WHAT IS TO COME
In this first part of the book, we describe many reversals and estimate the frequency of medical reversal. We describe the harms of our broken system. Many are obvious, but there are some surprising harms of medical reversal. The repercussions may go further than you imagine. In part 2, we provide you with an understanding of evidence-based medicine, an understanding that will prepare you for the remainder of the book and allow you to question the next report about a “revolutionary new treatment.” Part 3 focuses on the causes of medical reversal. Money, of course, is involved, but in this case it is not the entire problem. The seeds of reversal are sown at the start of medical school and are nourished throughout the medical industry.
In part 4 we propose solutions for the problem of medical reversal. Our solutions are not a checklist and a vague call for you to be prepared when you see the doctor. We show just where changes can be made to medical education, medical research, and the process by which treatments are approved, so as to eliminate ineffective therapies. We also offer suggestions about how individuals can become better consumers of health care, how to be people who are unlikely to want, or be given, treatments that do not work. Because fundamentalism, in all its forms, is dangerous, we end by discussing those times when it is not necessary to demand that practices be based on ironclad data.
We hope that through reading this book you will understand the scope of the problem of medical reversal—how reversal affects every part of the doctor-patient relationship. This understanding may very well change your opinion of “feeling better.” It will certainly affect what you do when you feel well, in order to stay healthy, and what you do when you feel unwell.
2 SUBJECTIVE OUTCOMES :: WHY FEELING BETTER IS OFTEN MISLEADING
IN CHAPTER 1 WE DISCUSSED FIVE examples of reversal. Four of these—flecainide after heart attacks, stents placed in the coronary arteries of people with stable angina, atenolol as a treatment for hypertension, and mammograms for women in their forties—were similar in that they failed to improve what are considered objective end points. These are end points that we can easily measure: life events (death, heart attacks, or strokes), lab values, or other measurable variables (weight, blood pressure). The fifth reversal we discussed was quite different. Vertebroplasty was intended to improve a subjective end point. It was supposed to help people’s pain.
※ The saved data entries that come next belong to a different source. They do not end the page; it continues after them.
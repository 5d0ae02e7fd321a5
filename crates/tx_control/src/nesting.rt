//! Transactions inside one another.
ghost use Rattle.std.specs.Prelude.{◌≡◌, ◌<◌, ◌≤◌, ◌-◌, ◌↔◌, IsTrue, List, [], ◌∷◌, ◌++◌, length, take};

use crate::Begin;
use std::marker::Model;

/// The most transactions that are open at once.
pub const MOST_LEVELS: usize = 16;

/// What is in force under all open begins.
#[derive(Clone, Copy)]
struct Controls {
    a: bool,
    f: bool,
    pifc: u8,
}

/// The open begins, oldest first; at most sixteen. Contracts see their list.
///
/// For each level the controls that were in force there are kept, so that leaving a level brings those of the
/// one outside it back.
#[derive(Drop)]
pub struct Nest {
    begins: [Begin; MOST_LEVELS],
    in_force: [Controls; MOST_LEVELS],
    depth: u8,
}

impl Model for Nest {
    ghost use Rattle.std.specs.Prelude.{List, take};
    ghost use Rattle.tx_control.specs.declared.begins.Begin.{Begin};

    ghost Value = { List Begin };

    ghost use Rattle.tx_control.specs.Kept.{Keeps};

    ghost view = { λ n. take n.depth n.begins };

    ghost invariant = { λ n. Keeps n.begins n.in_force n.depth };
}

impl Controls {
    ghost use Rattle.tx_control.specs.Kept.{unlimited, limited_by};

    /// What is in force outside every transaction.
    fn unlimited() -> Controls
        ensures { result ≡ unlimited }
    {
        Controls {
            a: true,
            f: true,
            pifc: 0,
        }
    }

    /// What is in force inside one more begin.
    fn limited_by(self, b: Begin) -> Controls
        ensures { result ≡ limited_by self b }
    {
        Controls {
            a: self.a && b.a,
            f: self.f && b.f,
            pifc: self.pifc.max(b.pifc),
        }
    }
}

impl Nest {
    ghost use Rattle.tx_control.specs.Kept.{in_force};
    ghost use Rattle.tx_control.specs.Nesting.{effective_a, effective_f, effective_pifc, outermost_mask};
    ghost use Rattle.tx_control.specs.Nesting.{outermost_block, is_constrained};

    /// No begin is open.
    pub fn none() -> Nest
        ensures { result ≡ [] }
    {
        let nothing = Begin {
            mask: 0,
            a: false,
            f: false,
            pifc: 0,
            block: None,
            constrained: false,
        };
        Nest {
            begins: [nothing; MOST_LEVELS],
            in_force: [Controls::unlimited(); MOST_LEVELS],
            depth: 0,
        }
    }

    /// Opens one more begin inside those that are open, of which there must be fewer than sixteen.
    pub fn enter(&mut self, b: Begin)
        requires { length self.old < MOST_LEVELS }
        ensures { self.new ≡ self.old ++ b ∷ [] }
    {
        let inside = self.in_force().limited_by(b);
        let level = usize::from(self.depth);
        self.begins[level] = b;
        self.in_force[level] = inside;
        self.depth += 1;
    }

    /// Closes the begin that was opened last; one must be open.
    pub fn leave(&mut self)
        requires { 0 < length self.old }
        ensures { self.new ≡ take (length self.old - 1) self.old }
    {
        self.depth -= 1;
    }

    /// Closes all begins.
    pub fn clear(&mut self)
        ensures { self.new ≡ [] }
    {
        self.depth = 0;
    }

    /// How many begins are open, 0 to 16.
    pub fn depth(&self) -> u32
        ensures open { result ≡ length self.now }
        ensures most { result ≤ MOST_LEVELS }
    {
        u32::from(self.depth)
    }

    fn open(&self) -> &[Begin]
        ensures { result.now ≡ self.now }
    {
        &self.begins[..usize::from(self.depth)]
    }

    fn in_force(&self) -> Controls
        ensures { result ≡ in_force self.now }
    {
        match self.depth {
            0 => Controls::unlimited(),
            depth => self.in_force[usize::from(depth) - 1],
        }
    }

    /// Whether access registers may be changed: all open begins allow it. Outside transactions they may.
    pub fn effective_a(&self) -> bool
        ensures { result ≡ effective_a self.now }
    {
        self.in_force().a
    }

    /// Whether floating-point operations are allowed: all open begins allow it. Outside transactions they
    /// are.
    pub fn effective_f(&self) -> bool
        ensures { result ≡ effective_f self.now }
    {
        self.in_force().f
    }

    /// The filtering control in force, the greatest of all open begins; 0 outside transactions.
    pub fn effective_pifc(&self) -> u8
        ensures { result ≡ effective_pifc self.now }
    {
        self.in_force().pifc
    }

    /// The general register save mask of the outermost begin; one must be open.
    pub fn mask(&self) -> u8
        requires { 0 < length self.now }
        ensures { result ≡ outermost_mask self.now }
    {
        self.begins[0].mask
    }

    /// The diagnostic block of the outermost begin; one must be open.
    pub fn block(&self) -> Option<u64>
        requires { 0 < length self.now }
        ensures { result ≡ outermost_block self.now }
    {
        self.begins[0].block
    }

    /// Whether the outermost begin is constrained; one must be open.
    pub fn constrained(&self) -> bool
        requires { 0 < length self.now }
        ensures { result ≡ is_constrained self.now }
    {
        self.begins[0].constrained
    }

    /// Whether the same begins are open in both, in the same order.
    pub fn same(&self, other: &Nest) -> bool
        ensures { IsTrue result ↔ (self.now ≡ other.now) }
    {
        self.open() == other.open()
    }

    /// Makes this nest equal to the other.
    pub fn copy_from(&mut self, other: &Nest)
        ensures { self.new ≡ other.now }
    {
        let begins = other.begins;
        let in_force = other.in_force;
        self.begins = begins;
        self.in_force = in_force;
        self.depth = other.depth;
    }
}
Doctors cringe every time a new study makes headlines announcing that the treatments we have been prescribing do not work. Patients feel even worse, often becoming confused, angry, and skeptical. These reports usually tell us that the treatment does not improve an objective end point: the blood-pressure pill that was supposed to reduce mortality really does not. It confounds everyone even more when a treatment that was meant to improve a subjective end point is reversed. When the study came out reporting that the vertebroplasty procedure did not work, a woman who had the procedure for a spinal compression fracture—an ailment that had been causing a great deal of distress right up until the procedure—might say, “What do they know? Let me tell you, it works.” The response of her doctor to these results would be similar. “I don’t care what the study says, I do this procedure and I know my patients feel better afterward.”
Disbelief is strongest when it comes to medical reversals that have to do with how people feel. When a reversal occurs because a treatment that was supposed to save lives (but had never been shown to) is proved ineffective, we cannot be very surprised. Sure, we thought it made sense mechanistically, but we never really had evidence of efficacy. When a treatment that was supposed to make people feel better, and did seem to make people feel better, is shown not to, that is devastating. Doctors assumed the intervention worked because their patients told them that it did. That seemed like evidence enough. This chapter presents multiple examples of these sorts of reversals.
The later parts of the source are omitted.